─── GIVEN INFORMATION ───
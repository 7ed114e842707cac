ghost use Rattle.std.specs.Prelude.{◌≡◌, ◌↔◌, ℕ, IsTrue, MatchOption};
ghost use Rattle.argument_numbers.specs.Numbers.{IsNumber, IsNumberIn};

/// The most digits of a number.
const MOST_DIGITS: usize = 20;

/// Whether the text is one to twenty digits.
fn is_number(text: &str) -> bool
    ensures { IsTrue result ↔ IsNumber text.now }
{
    let bytes = text.as_bytes();
    if bytes.is_empty() {
        return false;
    }
    if bytes.len() > MOST_DIGITS {
        return false;
    }
    bytes.iter().all(|byte| byte.is_ascii_digit())
}

/// The number that the text writes, if it is from `low` to `high`.
pub fn read_number(text: &str, low: u64, high: u64) -> Option<u64>
    ensures { MatchOption result ((n : ℕ) → IsNumberIn low high text.now n → ⊥) (λ n. IsNumberIn low high text.now n) }
{
    if !is_number(text) {
        return None;
    }
    let Ok(number) = text.parse::<u64>() else {
        return None;
    };
    if number < low {
        return None;
    }
    if number > high {
        return None;
    }
    Some(number)
}
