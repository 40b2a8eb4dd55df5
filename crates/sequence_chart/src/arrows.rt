//! Messages: an arrow for each delivery, and a small cross for each message that is lost.
ghost use Rattle.std.specs.Prelude.{◌≡◌, ◌≤◌, ◌<◌, ◌^◌, ◌+◌, ◌-◌, ◌++◌, codes, get_or, length, true, OnOk};
ghost use Rattle.sequence_chart.specs.Chart.{lost_in};
ghost use Rattle.sequence_chart.specs.Elements.{arrow, arrow_from, arrow_in, bow, end_at, lost, path, point, stub, way};
ghost use Rattle.sequence_chart.specs.Messages.{message_at};
ghost use Rattle.sequence_chart.specs.Rows.{first_cursor, walk};

use crate::columns::{Column, left_of};
use crate::marks::{write_place, write_title};
use crate::messages::{Origin, message};
use crate::rows::{Cursor, MAX_LINES, y_of};
use std::alloc::AllocError;
use text::Text;
use trace_reader::{Said, TraceLine};
use voting_config::NodeId;

#[tactic(auto, unfolding(crate::specs::Elements::point))]
fn write_point(text: &mut Text, x: u64, y: u64) -> Result<(), AllocError>
    ensures { OnOk result (text.new ≡ text.old ++ point x y) }
{
    text.number(x)?;
    text.word(" ")?;
    text.number(y)
}

fn write_line(text: &mut Text, x: u64, y: u64, to: u64, down: u64) -> Result<(), AllocError>
    ensures { OnOk result (text.new ≡ text.old ++ (point x y ++ (codes "L" ++ point to down))) }
{
    write_point(text, x, y)?;
    text.word("L")?;
    write_point(text, to, down)
}

#[tactic(auto, unfolding(crate::specs::Elements::bow))]
fn write_bow(text: &mut Text, left: u64, y: u64, down: u64) -> Result<(), AllocError>
    requires left { left < 2 ^ 32 }
    requires y { y < 2 ^ 48 }
    ensures { OnOk result (text.new ≡ text.old ++ bow left y down) }
{
    write_point(text, left + 21, y)?;
    text.word("C")?;
    write_point(text, left + 6, y + 2)?;
    text.word(" ")?;
    write_point(text, left + 6, down)?;
    text.word(" ")?;
    write_point(text, left + 20, down)
}

// From one lifeline to another, or in a bow from one to itself.
#[tactic(auto, unfolding(crate::specs::Elements::way))]
fn write_way(text: &mut Text, left: u64, y: u64, to: u64, down: u64) -> Result<(), AllocError>
    requires left { left < 2 ^ 32 }
    requires to { to < 2 ^ 32 }
    requires y { y < 2 ^ 48 }
    ensures { OnOk result (text.new ≡ text.old ++ way left y to down) }
{
    if left < to {
        return write_line(text, left + 28, y, to + 20, down);
    }
    if to < left {
        return write_line(text, left + 20, y, to + 28, down);
    }
    write_bow(text, left, y, down)
}

// An arrow, and where it begins and ends.
#[tactic(auto, unfolding(crate::specs::Elements::path))]
fn write_path(text: &mut Text, left: u64, y: u64, to: u64, down: u64) -> Result<(), AllocError>
    requires left { left < 2 ^ 32 }
    requires to { to < 2 ^ 32 }
    requires y { y < 2 ^ 48 }
    ensures { OnOk result (text.new ≡ text.old ++ path left y to down) }
{
    text.word("<path class='arrow' marker-end='url(#head)' d='M")?;
    write_way(text, left, y, to, down)?;
    text.word("'>")
}

#[tactic(auto, unfolding(crate::specs::Elements::arrow))]
fn write_arrow(
    text: &mut Text,
    columns: &[Column],
    origin: &Origin,
    node: NodeId,
    row: u32,
) -> Result<(), AllocError>
    ensures { OnOk result (text.new ≡ text.old ++ arrow columns.now origin.now node row) }
{
    let left = left_of(columns, origin.from) as u64;
    let to = left_of(columns, node) as u64;
    write_path(text, left, y_of(origin.row) + 4, to, y_of(row))?;
    write_title(text, origin.text.as_slice())?;
    text.word("</path>\n")
}

// The arrow of the message with this number to a node, where so many were sent.
fn write_delivery(
    text: &mut Text,
    columns: &[Column],
    origins: &[Origin],
    cursor: Cursor,
    node: NodeId,
    number: u64,
) -> Result<(), AllocError>
    ensures { OnOk result (text.new ≡ text.old ++ arrow_from columns.now (message_at origins.now cursor.sent number) node cursor.row) }
{
    match message(origins, cursor.sent, number) {
        None => Ok(()),
        Some(origin) => write_arrow(text, columns, origin, node, cursor.row),
    }
}

fn write_arrow_in(
    text: &mut Text,
    columns: &[Column],
    origins: &[Origin],
    cursor: Cursor,
    line: &TraceLine,
) -> Result<(), AllocError>
    ensures { OnOk result (text.new ≡ text.old ++ arrow_in columns.now origins.now cursor line.now) }
{
    match &line.said {
        Said::Delivery(node, number) => {
            write_delivery(text, columns, origins, cursor, *node, *number)
        }
        _ => Ok(()),
    }
}

/// Writes an arrow for each line that hands over a message that was sent before.
pub fn write_arrows(
    text: &mut Text,
    columns: &[Column],
    origins: &[Origin],
    lines: &[TraceLine],
) -> Result<(), AllocError>
    requires { length lines.now ≤ MAX_LINES }
    ensures { OnOk result (text.new ≡ text.old ++ walk (arrow_in columns.now origins.now) first_cursor lines.now) }
{
    let mut cursor = Cursor::first();
    for line in lines {
        cursor = cursor.after(&line.said);
        write_arrow_in(text, columns, origins, cursor, line)?;
    }
    Ok(())
}

// A short stroke to where a message is lost.
#[tactic(auto, unfolding(crate::specs::Elements::stub))]
fn write_stub(text: &mut Text, x: u64, y: u64, to: u64, down: u64) -> Result<(), AllocError>
    ensures { OnOk result (text.new ≡ text.old ++ stub x y to down) }
{
    text.word("<path class='lost' d='M")?;
    write_point(text, x, y)?;
    text.word("L")?;
    write_point(text, to, down)?;
    text.word("'>")
}

// The end of the stroke, and a small cross there.
#[tactic(auto, unfolding(crate::specs::Elements::end_at))]
fn write_end(text: &mut Text, x: u64, y: u64) -> Result<(), AllocError>
    ensures { OnOk result (text.new ≡ text.old ++ end_at x y) }
{
    text.word("</path><use href='#end' class='end")?;
    write_place(text, x, y)?;
    text.word("/>\n")
}

fn write_lost(
    text: &mut Text,
    left: u32,
    y: u64,
    number: u32,
    line: &[u8],
) -> Result<(), AllocError>
    requires { y < 2 ^ 48 }
    ensures { OnOk result (text.new ≡ text.old ++ lost left y number line.now) }
{
    let left = left as u64;
    let end = left + 5 * (number % 2) as u64;
    let down = y + 4 + 5 * (number / 2 % 3) as u64;
    write_stub(text, left + 24, y, end, down)?;
    write_title(text, line)?;
    write_end(text, end, down)
}

fn is_handed(handed: &[bool], sent: u32) -> bool
    ensures { result ≡ get_or handed.now (sent - 1) true }
{
    let place = sent.saturating_sub(1) as usize;
    if place < handed.len() {
        handed[place]
    } else {
        true
    }
}

fn write_lost_in(
    text: &mut Text,
    columns: &[Column],
    handed: &[bool],
    cursor: Cursor,
    line: &TraceLine,
) -> Result<(), AllocError>
    ensures { OnOk result (text.new ≡ text.old ++ lost_in columns.now handed.now cursor line.now) }
{
    let Said::Sent(from, _) = &line.said else {
        return Ok(());
    };
    if is_handed(handed, cursor.sent) {
        return Ok(());
    }
    let left = left_of(columns, *from);
    write_lost(
        text,
        left,
        y_of(cursor.row) + 4,
        cursor.sent,
        line.text.as_slice(),
    )
}

/// Writes a mark for each message that no line hands over.
pub fn write_all_lost(
    text: &mut Text,
    columns: &[Column],
    handed: &[bool],
    lines: &[TraceLine],
) -> Result<(), AllocError>
    requires { length lines.now ≤ MAX_LINES }
    ensures { OnOk result (text.new ≡ text.old ++ walk (lost_in columns.now handed.now) first_cursor lines.now) }
{
    let mut cursor = Cursor::first();
    for line in lines {
        cursor = cursor.after(&line.said);
        write_lost_in(text, columns, handed, cursor, line)?;
    }
    Ok(())
}
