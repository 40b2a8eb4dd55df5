//! By which policy a leader makes states.

/// By which policy a node leads: the profile, and whether voting configurations shrink.
#[derive(Clone, Copy)]
pub struct Policy {
    /// Whether the voting configuration may shrink (`cluster.auto_shrink_voting_configuration`).
    pub shrink: bool,
    /// Whether it is the second profile of the policy. In it a configuration is aimed at only once a state of the term is accepted; a node
    /// that joins is sent a state, even where it is a member already; and each request that is not refused makes a new state, even where it
    /// changes nothing, and also one to be shown the state.
    pub second: bool,
}
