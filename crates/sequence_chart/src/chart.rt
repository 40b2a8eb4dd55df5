//! The picture as a whole.
ghost use Rattle.std.specs.Prelude.{◌≡◌, ◌≤◌, ◌++◌, length, OnOk, IfOk};
ghost use Rattle.sequence_chart.specs.Chart.{Draws, DrawsTrace};

use crate::arrows::{write_all_lost, write_arrows};
use crate::columns::{columns_of, nodes_of};
use crate::event_rows::{margin, write_event_rows};
use crate::frame::{end_frame, write_frame};
use crate::lifelines::{write_heads, write_lifelines};
use crate::marks::write_labels;
use crate::messages::{handed_of, origins_of};
use crate::rows::{MAX_LINES, last_row, y_of};
use schedule_text::ReadError;
use std::alloc::{AllocError, Global};
use text::Text;
use trace_reader::{BadTrace, TraceLine, read_trace};

/// The chart of a trace of at most a million lines, as SVG.
pub fn write_chart(alloc: Global, lines: &[TraceLine]) -> Result<Text, AllocError>
    requires { length lines.now ≤ MAX_LINES }
    ensures { IfOk result (λ t. Draws lines.now t) }
{
    let origins = origins_of(alloc, lines)?;
    let handed = handed_of(alloc, lines)?;
    let left = margin(alloc, origins.as_slice(), lines)?;
    let (columns, width) = columns_of(alloc, left, &nodes_of(lines), lines)?;
    let columns = columns.as_slice();
    let bottom = last_row(lines) + 1;
    let below = y_of(bottom) + 14;
    let mut text = Text::new(alloc);
    write_frame(&mut text, width as u64 + 8, below + 10)?;
    write_event_rows(&mut text, alloc, origins.as_slice(), lines)?;
    write_lifelines(&mut text, lines, bottom, columns)?;
    write_arrows(&mut text, columns, origins.as_slice(), lines)?;
    write_all_lost(&mut text, columns, handed.as_slice(), lines)?;
    write_labels(&mut text, alloc, columns, lines)?;
    write_heads(&mut text, 28, columns)?;
    write_heads(&mut text, below, columns)?;
    end_frame(&mut text)?;
    Ok(text)
}

/// The chart of the trace that the bytes are, as SVG, or the first bad line and why it is bad. `Memory` may come for any bytes.
pub fn draw_trace(alloc: Global, bytes: &[u8]) -> Result<Text, ReadError<BadTrace>>
    ensures { DrawsTrace bytes.now result }
{
    let trace = match read_trace(alloc, bytes) {
        Ok(trace) => trace,
        Err(fault) => return Err(fault),
    };
    let Ok(text) = write_chart(alloc, trace.as_slice()) else {
        return Err(ReadError::Memory);
    };
    Ok(text)
}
───
### EXERCISE AIM
Give back precisely the lines above that start at the line containing "fn is_number(text: &str) -> bool" and end at the line containing "pub fn read_number(text: &str, low: u64, high: u64)", inclusive. No other lines belong in the output.

### EXERCISE ANSWER
fn is_number(text: &str) -> bool
    ensures { IsTrue result ↔ IsNumber text.now }
{
    let bytes = text.as_bytes();
    if bytes.is_empty() {
        return false;
    }
    if bytes.len() > MOST_DIGITS {
        return false;
    }
    bytes.iter().all(|byte| byte.is_ascii_digit())
}

/// The number that the text writes, if it is from `low` to `high`.
pub fn read_number(text: &str, low: u64, high: u64) -> Option<u64>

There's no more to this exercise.